On Fri, Feb 14, 2014 at 02:51:51PM -0800, Ralph Castain wrote:
On Feb 13, 2014, at 11:26 AM, Adrian Reber <firstname.lastname@example.org> wrote:
I tried to implement something like you described. It is not yet event
driven, but before continuing I wanted to get some feedback if it is at
least the right start:
I looked at the other ORTE_OOB_* macros and tried to model my
functionality a bit after what I have seen there. Right now it is still
a simple function which just tries to call ft_event() on all oob
components. Does this look right so far?
Sorry for delay - yes, that looks like the right direction. I would suggest doing it via the current state machine, though, by simply defining another job or proc state in orte/mca/plm/plm_types.h, and then registering a callback function using the orte_state.add_job[proc]_state(state, function to be called, ORTE_ERR_PRI). Then you can activate it by calling ORTE_ACTIVATE_JOB[PROC]_STATE(NULL, state) and it will be handled in the proper order.

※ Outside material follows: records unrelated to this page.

//! What can be wrong with an instruction.

use vm_memory::{MemFault, Trap, faults};

/// A byte that can't be read, a number that is no opcode, one of an opcode that isn't played here,
/// a mode that is none or is none of a store, and the two faults of a division.
#[derive(Clone, Copy, Debug, PartialEq, Eq, thiserror::Error)]
pub enum OpFault {
    #[error("a byte of the instruction can't be read")]
    Read(MemFault),
    #[error("{0} is no opcode")]
    BadOpcode(u32),
    #[error("the opcode {0} isn't played here")]
    Unsupported(u32),
    #[error("no operand has the mode {0}")]
    BadMode(u32),
    #[error("a division by zero")]
    DivideByZero,
    #[error("a division's result is too large")]
    DivideOverflow,
}

impl From<MemFault> for OpFault {
    ghost use Rattle.std.specs.Prelude.{◌≡◌};
    ghost use Rattle.vm_operand.specs.declared.fault.OpFault.TheVariants.{Read};

    ghost from_gives = { λ f fault. fault ≡ Read f };

    fn from(fault: MemFault) -> OpFault {
        OpFault::Read(fault)
    }
}

impl From<OpFault> for Trap {
    ghost use Rattle.std.specs.Prelude.{◌≡◌};
    ghost use Rattle.vm_memory.specs.declared.fault.Trap.TheVariants.{Fault};
    ghost use Rattle.vm_operand.specs.Fault.{operation_fault_code};

    ghost from_gives = { λ f trap. trap ≡ Fault (operation_fault_code f) };

    fn from(fault: OpFault) -> Trap {
        match fault {
            OpFault::Read(read) => Trap::from(read),
            OpFault::BadOpcode(_) => Trap::Fault(faults::BAD_OPCODE),
            OpFault::Unsupported(_) => Trap::Fault(faults::UNSUPPORTED_OPCODE),
            OpFault::BadMode(_) => Trap::Fault(faults::BAD_MODE),
            OpFault::DivideByZero => Trap::Fault(faults::DIVISION_BY_ZERO),
            OpFault::DivideOverflow => Trap::Fault(faults::DIVISION_OVERFLOW),
        }
    }
}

What is a job/proc in the Open MPI context.
A "job" is the entire application, while a "proc" is just one process in that application. In this case you could use either one as you are checkpointing the entire job, but all this activity is occurring inside each proc. So I'd suggest defining it as a proc state since it only really involves local actions.
If you like, I can define the required code in the trunk and let you fill in the event functionality.